THE RECORDS:
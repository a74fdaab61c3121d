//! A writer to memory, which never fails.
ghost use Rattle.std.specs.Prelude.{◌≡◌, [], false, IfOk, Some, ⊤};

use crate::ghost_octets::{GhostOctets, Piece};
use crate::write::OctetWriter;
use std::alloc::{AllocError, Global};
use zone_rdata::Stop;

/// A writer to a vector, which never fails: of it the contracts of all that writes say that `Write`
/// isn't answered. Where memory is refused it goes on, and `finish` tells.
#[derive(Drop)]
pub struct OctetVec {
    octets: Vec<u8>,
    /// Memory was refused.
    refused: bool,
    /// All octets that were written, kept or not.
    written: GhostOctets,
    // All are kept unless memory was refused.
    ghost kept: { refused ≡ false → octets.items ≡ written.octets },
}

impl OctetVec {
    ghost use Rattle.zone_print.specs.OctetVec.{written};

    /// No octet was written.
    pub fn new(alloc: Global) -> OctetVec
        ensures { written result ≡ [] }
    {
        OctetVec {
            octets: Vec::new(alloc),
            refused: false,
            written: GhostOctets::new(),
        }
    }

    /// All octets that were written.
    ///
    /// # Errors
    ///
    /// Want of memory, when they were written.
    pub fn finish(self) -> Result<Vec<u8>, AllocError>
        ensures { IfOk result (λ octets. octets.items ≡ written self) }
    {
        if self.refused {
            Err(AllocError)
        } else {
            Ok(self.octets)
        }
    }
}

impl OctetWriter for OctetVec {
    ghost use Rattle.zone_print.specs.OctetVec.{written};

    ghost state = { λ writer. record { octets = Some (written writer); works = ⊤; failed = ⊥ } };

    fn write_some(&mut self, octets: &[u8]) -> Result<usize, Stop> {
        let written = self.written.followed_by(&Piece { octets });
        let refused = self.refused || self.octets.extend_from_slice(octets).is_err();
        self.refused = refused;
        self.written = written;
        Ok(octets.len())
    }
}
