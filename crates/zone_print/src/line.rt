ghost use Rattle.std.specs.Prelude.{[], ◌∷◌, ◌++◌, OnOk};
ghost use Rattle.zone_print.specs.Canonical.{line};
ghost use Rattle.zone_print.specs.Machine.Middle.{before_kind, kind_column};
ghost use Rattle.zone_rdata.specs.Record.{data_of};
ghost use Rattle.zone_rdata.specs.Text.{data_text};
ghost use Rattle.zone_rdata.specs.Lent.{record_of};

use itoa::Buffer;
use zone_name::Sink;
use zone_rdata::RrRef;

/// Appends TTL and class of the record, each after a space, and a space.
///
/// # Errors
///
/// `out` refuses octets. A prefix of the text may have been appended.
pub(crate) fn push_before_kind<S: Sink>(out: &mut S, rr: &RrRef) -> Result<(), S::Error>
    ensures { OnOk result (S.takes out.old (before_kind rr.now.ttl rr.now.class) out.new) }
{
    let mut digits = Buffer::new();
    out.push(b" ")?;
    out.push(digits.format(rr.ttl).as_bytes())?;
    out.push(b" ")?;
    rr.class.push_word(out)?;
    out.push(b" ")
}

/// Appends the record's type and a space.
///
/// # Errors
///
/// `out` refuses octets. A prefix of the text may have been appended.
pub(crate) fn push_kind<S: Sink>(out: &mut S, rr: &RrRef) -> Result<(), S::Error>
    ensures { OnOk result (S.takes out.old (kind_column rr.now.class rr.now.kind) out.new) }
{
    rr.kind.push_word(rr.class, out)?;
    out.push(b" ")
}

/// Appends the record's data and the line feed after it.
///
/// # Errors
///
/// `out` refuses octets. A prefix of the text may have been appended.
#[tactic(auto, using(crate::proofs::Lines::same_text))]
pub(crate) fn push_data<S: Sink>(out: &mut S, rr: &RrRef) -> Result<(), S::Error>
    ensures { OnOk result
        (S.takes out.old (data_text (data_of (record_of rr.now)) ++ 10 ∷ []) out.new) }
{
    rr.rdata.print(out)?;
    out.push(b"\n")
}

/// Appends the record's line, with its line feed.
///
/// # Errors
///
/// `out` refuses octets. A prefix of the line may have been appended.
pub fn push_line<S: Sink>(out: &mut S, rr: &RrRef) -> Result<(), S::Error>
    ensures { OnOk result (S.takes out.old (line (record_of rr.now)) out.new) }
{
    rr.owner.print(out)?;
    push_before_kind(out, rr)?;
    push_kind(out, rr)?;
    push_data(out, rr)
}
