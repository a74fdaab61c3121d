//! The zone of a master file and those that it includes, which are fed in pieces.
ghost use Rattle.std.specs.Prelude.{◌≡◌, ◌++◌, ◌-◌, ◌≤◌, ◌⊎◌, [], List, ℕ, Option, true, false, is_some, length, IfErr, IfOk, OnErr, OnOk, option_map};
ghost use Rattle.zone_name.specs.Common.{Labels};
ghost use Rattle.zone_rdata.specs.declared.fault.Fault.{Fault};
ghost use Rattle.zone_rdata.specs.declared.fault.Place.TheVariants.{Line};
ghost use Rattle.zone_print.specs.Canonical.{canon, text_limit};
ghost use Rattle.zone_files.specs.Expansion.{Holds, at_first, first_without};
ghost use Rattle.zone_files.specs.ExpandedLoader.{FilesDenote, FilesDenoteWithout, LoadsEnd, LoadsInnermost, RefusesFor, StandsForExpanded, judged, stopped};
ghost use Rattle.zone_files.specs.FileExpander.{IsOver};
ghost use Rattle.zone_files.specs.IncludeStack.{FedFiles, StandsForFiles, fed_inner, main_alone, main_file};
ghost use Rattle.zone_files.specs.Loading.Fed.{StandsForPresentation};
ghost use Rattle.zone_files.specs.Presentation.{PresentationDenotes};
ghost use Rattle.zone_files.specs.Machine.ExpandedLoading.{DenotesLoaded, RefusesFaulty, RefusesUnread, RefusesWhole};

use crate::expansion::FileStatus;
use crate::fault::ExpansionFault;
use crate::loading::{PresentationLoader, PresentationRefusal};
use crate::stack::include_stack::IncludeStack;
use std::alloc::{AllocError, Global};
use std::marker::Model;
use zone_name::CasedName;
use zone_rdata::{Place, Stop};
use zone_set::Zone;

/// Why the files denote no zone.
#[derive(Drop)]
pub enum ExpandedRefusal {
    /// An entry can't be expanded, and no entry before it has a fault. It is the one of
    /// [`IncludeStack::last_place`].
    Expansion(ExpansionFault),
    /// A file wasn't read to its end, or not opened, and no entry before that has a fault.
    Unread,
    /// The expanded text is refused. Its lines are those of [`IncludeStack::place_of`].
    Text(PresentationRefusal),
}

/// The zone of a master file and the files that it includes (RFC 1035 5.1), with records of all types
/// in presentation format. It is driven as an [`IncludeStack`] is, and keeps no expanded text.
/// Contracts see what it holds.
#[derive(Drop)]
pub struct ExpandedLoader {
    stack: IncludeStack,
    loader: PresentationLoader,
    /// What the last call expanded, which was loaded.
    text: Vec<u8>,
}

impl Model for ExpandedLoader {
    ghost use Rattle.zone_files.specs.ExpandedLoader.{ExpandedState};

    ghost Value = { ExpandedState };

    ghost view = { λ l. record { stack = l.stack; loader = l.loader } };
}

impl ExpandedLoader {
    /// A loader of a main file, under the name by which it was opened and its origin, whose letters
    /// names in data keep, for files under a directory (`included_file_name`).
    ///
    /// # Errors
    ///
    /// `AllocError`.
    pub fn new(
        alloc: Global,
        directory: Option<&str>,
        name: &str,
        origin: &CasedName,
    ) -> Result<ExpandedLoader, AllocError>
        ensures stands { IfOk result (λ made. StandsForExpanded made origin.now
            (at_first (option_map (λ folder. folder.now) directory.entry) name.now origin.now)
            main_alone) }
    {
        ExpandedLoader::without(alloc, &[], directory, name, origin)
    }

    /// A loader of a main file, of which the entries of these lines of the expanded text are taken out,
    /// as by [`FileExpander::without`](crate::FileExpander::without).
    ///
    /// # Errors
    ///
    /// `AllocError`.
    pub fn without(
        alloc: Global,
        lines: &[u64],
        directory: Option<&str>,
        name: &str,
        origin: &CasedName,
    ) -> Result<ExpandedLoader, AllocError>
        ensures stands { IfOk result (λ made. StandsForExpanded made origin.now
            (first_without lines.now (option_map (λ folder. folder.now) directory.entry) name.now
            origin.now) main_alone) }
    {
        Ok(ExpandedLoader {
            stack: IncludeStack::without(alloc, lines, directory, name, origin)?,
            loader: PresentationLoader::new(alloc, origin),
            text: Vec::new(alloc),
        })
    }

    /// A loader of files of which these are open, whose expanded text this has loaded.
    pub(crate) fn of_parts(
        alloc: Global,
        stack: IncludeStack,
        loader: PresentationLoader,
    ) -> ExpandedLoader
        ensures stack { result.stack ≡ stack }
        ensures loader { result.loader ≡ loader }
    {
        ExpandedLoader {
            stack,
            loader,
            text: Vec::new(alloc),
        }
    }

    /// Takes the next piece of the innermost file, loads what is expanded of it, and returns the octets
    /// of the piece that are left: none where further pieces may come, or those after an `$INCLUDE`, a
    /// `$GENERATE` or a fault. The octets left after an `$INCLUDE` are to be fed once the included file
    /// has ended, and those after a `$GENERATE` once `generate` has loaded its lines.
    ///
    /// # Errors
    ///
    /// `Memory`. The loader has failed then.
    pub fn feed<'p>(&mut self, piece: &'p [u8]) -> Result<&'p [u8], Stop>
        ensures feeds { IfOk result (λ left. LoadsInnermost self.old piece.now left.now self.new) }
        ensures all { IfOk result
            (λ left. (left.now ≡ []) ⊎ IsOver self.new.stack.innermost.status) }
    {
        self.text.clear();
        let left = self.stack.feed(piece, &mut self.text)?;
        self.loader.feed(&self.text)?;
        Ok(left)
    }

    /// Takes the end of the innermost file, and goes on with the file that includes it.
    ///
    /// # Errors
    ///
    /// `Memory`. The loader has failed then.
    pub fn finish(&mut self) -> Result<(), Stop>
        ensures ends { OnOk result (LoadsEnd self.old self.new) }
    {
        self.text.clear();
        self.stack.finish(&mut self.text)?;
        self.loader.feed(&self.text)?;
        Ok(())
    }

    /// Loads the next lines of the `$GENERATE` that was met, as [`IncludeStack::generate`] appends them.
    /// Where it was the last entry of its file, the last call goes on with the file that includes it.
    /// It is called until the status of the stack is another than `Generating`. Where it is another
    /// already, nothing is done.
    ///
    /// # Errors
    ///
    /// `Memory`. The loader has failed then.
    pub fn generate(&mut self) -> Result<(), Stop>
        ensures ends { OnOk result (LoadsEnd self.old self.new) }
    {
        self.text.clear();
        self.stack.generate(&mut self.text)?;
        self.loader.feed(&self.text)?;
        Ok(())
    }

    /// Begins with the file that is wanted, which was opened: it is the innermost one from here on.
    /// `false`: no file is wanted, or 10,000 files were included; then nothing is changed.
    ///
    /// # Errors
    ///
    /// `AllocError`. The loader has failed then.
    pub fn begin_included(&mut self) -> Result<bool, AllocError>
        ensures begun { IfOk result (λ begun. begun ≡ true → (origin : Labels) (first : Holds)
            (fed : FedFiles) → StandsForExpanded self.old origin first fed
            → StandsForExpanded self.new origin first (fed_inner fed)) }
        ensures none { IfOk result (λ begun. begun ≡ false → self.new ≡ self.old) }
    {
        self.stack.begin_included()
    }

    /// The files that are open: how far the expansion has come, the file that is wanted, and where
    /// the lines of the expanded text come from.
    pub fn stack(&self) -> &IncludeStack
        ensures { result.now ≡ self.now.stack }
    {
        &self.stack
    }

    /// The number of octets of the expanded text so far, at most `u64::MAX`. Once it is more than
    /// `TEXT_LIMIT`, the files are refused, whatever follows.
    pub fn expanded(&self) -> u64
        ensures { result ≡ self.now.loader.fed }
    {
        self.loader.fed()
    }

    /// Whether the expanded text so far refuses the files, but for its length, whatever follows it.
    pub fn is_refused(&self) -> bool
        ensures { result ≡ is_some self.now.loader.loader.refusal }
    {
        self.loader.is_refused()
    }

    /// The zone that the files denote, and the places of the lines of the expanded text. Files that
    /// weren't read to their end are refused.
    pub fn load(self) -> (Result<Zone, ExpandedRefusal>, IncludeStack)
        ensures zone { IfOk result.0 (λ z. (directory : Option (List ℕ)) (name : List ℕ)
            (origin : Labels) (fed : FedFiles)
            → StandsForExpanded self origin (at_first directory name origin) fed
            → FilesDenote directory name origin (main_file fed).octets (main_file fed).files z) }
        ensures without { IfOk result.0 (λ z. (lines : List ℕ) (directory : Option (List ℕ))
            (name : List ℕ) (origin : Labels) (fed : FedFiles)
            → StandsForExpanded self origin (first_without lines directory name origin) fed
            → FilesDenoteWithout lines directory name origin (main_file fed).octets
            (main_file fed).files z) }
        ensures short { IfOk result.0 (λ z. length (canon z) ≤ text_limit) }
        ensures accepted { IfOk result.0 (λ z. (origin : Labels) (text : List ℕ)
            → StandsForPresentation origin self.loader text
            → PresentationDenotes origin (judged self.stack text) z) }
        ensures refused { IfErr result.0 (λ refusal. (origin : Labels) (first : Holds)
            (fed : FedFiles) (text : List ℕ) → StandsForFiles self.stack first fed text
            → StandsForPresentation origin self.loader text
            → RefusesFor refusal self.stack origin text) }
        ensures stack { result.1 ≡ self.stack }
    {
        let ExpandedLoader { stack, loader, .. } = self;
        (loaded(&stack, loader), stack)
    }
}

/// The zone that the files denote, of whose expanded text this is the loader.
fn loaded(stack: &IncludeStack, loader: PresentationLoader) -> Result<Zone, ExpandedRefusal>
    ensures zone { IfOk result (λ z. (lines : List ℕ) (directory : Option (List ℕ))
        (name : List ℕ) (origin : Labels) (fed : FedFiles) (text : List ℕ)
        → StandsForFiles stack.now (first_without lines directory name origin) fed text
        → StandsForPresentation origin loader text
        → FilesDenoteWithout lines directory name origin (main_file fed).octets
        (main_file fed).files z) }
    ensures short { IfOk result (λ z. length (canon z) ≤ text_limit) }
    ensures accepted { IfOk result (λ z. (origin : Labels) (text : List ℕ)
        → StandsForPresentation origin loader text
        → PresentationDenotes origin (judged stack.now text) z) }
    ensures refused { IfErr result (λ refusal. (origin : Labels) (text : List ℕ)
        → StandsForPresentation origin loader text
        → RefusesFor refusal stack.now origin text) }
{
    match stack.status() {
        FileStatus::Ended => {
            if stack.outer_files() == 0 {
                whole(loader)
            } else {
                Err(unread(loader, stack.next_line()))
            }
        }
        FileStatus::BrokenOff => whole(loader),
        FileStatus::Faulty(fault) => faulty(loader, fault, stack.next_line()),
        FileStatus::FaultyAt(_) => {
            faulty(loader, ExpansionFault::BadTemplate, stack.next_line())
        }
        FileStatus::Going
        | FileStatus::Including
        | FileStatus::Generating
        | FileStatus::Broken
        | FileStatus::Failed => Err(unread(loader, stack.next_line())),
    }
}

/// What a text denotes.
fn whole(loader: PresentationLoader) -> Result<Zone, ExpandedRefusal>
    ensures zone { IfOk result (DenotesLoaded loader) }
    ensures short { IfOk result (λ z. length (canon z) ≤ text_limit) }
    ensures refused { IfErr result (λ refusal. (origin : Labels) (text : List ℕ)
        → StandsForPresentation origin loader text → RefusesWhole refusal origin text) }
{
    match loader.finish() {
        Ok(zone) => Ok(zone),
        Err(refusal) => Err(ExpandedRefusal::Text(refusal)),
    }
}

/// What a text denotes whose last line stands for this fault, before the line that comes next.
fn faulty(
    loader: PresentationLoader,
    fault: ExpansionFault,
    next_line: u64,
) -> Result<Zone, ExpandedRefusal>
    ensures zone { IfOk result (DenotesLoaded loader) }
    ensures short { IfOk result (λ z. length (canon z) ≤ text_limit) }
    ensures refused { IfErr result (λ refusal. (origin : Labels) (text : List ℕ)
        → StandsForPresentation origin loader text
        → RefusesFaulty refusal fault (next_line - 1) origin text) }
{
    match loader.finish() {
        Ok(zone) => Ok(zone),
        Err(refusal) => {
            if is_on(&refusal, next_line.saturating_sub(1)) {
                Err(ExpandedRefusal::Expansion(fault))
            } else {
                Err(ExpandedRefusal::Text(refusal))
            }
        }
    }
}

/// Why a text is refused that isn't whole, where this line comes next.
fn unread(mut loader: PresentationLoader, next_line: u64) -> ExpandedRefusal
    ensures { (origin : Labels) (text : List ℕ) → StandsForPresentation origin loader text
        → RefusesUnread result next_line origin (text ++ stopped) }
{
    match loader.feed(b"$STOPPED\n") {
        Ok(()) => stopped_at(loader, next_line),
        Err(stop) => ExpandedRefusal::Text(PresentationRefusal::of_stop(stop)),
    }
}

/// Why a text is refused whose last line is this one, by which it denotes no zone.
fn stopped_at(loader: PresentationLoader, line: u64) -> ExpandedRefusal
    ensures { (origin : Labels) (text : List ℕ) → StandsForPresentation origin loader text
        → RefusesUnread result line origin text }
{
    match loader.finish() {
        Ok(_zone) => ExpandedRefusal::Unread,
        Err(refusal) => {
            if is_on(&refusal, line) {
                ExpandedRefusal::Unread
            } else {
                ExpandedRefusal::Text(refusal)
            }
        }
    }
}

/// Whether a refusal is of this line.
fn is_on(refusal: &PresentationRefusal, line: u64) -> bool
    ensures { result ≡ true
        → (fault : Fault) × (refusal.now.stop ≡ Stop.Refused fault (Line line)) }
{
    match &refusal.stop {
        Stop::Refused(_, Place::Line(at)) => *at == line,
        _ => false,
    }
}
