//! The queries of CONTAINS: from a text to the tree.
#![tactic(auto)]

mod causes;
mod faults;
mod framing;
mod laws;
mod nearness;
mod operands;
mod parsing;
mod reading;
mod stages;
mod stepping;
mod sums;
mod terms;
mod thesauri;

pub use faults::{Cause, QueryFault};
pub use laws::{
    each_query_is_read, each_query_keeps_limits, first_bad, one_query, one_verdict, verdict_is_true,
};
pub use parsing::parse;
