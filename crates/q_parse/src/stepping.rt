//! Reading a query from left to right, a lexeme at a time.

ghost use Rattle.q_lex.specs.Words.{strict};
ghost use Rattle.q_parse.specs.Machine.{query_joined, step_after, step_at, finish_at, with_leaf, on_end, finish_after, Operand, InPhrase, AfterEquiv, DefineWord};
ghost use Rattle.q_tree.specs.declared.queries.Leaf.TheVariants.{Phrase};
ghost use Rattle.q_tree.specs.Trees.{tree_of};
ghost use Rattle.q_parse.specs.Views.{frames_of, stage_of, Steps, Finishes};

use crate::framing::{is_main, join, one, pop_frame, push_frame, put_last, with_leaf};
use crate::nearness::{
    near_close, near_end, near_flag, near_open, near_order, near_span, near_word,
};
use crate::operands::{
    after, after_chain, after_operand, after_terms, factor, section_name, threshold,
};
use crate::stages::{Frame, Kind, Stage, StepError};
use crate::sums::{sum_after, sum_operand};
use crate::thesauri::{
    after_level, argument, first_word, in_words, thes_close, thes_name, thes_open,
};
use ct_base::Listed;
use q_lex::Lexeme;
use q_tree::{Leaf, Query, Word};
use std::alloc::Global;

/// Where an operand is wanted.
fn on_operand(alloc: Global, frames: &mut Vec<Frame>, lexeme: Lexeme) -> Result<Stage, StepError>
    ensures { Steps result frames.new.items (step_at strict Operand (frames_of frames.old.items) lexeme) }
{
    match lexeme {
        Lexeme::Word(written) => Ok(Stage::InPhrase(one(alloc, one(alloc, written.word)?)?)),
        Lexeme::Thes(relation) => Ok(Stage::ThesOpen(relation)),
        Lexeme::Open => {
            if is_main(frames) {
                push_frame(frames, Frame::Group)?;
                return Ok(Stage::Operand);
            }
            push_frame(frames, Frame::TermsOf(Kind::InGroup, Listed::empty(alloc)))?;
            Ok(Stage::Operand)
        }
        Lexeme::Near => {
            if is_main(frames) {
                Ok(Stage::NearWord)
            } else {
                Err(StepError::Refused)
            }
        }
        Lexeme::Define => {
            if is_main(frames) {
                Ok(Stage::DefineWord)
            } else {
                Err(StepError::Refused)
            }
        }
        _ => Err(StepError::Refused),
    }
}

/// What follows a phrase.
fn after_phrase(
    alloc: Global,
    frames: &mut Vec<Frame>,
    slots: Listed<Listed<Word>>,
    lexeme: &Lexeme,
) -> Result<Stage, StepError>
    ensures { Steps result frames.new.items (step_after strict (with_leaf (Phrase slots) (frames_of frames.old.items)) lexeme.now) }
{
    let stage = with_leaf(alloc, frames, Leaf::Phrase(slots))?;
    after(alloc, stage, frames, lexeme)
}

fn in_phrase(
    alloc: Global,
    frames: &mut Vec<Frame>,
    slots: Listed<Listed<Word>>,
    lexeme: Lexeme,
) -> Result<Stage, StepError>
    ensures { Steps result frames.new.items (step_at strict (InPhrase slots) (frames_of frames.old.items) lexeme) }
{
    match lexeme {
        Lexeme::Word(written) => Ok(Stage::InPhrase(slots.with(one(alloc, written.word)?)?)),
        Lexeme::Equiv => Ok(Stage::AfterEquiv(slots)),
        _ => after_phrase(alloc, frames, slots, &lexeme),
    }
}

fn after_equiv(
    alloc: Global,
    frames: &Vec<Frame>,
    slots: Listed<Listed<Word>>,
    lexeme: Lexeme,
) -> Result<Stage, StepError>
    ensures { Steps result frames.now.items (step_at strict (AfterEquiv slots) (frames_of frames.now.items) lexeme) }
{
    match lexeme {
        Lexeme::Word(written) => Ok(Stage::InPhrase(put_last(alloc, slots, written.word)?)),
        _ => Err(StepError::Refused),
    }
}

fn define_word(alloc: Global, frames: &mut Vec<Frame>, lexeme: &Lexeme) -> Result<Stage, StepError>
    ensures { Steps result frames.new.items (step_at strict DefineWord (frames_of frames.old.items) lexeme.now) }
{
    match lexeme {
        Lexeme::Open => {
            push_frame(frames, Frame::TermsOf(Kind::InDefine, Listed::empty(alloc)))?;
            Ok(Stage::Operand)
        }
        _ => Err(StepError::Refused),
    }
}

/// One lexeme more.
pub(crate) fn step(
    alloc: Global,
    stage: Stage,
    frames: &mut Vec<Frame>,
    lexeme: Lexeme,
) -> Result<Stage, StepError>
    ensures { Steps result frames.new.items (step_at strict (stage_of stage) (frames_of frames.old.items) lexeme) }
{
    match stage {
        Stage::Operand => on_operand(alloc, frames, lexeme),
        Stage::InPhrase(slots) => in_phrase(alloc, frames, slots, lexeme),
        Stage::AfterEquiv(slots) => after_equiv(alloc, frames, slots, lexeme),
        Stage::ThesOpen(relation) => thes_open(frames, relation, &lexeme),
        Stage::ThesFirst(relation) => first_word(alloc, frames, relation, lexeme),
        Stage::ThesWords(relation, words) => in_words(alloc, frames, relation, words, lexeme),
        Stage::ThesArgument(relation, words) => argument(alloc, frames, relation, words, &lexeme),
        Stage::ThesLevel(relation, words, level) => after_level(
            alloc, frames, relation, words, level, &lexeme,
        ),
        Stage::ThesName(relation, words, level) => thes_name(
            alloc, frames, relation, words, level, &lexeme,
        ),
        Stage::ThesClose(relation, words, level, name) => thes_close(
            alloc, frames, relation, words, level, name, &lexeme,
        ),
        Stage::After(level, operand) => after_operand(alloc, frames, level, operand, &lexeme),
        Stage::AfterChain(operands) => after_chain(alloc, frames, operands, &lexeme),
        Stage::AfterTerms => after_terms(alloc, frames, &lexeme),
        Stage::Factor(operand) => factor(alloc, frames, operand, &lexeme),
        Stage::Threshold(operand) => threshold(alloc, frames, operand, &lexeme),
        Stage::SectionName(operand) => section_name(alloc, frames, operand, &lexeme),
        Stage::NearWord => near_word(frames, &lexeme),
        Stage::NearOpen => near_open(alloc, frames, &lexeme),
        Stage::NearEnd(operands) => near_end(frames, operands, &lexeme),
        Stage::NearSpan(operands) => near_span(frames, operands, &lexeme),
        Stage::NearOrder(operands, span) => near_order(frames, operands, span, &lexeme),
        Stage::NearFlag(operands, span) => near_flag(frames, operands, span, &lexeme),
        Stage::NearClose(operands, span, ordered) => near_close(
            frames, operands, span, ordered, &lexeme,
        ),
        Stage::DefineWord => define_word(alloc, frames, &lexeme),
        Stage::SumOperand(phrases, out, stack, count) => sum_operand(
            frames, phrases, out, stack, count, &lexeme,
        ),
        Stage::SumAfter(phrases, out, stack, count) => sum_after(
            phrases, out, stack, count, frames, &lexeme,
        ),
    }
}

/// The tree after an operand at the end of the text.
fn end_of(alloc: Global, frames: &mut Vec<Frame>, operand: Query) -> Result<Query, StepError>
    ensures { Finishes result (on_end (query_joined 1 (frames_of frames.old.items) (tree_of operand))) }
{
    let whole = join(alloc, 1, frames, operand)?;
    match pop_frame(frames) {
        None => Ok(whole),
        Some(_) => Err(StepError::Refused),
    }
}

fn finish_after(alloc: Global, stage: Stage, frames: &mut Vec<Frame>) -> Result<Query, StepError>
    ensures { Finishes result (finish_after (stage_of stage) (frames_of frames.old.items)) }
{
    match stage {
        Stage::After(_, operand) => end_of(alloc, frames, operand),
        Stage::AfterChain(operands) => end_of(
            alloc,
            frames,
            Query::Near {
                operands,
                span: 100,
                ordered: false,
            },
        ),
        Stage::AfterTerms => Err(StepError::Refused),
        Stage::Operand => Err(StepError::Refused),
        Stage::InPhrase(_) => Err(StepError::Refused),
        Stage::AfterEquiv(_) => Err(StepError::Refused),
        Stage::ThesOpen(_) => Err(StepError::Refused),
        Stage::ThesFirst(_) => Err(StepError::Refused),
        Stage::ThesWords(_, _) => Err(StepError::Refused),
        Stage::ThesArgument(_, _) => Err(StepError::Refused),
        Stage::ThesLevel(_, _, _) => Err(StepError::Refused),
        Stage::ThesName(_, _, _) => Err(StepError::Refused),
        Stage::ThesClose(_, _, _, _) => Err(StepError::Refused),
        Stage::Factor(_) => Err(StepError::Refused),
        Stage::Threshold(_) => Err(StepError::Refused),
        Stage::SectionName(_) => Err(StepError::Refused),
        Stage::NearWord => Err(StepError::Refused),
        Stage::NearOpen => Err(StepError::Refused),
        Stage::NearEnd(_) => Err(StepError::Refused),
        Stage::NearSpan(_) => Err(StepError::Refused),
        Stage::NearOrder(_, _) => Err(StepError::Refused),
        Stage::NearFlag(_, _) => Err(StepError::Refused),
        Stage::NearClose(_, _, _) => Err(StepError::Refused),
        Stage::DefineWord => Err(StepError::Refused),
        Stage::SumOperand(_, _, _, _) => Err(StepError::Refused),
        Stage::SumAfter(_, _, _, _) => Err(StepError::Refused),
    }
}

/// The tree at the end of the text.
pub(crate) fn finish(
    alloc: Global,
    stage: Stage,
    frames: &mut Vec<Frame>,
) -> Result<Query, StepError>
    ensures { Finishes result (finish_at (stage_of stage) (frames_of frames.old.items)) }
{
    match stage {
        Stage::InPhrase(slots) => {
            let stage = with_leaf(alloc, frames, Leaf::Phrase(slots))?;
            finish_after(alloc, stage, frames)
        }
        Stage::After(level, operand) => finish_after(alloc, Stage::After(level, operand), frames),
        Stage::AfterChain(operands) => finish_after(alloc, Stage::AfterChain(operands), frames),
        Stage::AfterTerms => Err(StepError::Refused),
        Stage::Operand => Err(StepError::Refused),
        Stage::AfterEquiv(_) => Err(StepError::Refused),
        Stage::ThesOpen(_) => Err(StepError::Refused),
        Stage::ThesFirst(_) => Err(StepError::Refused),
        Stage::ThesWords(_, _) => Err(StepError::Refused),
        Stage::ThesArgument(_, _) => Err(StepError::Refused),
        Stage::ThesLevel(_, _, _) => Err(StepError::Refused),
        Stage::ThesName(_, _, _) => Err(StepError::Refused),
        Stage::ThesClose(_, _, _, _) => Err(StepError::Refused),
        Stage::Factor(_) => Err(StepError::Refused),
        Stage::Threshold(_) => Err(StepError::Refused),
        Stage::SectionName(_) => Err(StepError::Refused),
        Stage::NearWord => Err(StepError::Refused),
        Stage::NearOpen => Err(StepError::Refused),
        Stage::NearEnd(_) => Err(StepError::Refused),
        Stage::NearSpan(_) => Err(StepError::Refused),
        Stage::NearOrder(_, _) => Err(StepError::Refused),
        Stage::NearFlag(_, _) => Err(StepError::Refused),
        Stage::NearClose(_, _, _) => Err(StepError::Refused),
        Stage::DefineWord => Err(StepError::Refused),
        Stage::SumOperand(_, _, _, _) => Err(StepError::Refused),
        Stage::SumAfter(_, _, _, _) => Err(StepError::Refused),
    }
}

TASK TO COMPLETE: Scan the material above for the string "sums" and copy every line that has it.

RESULT OF THE EXERCISE:
mod sums;
use crate::sums::{sum_after, sum_operand};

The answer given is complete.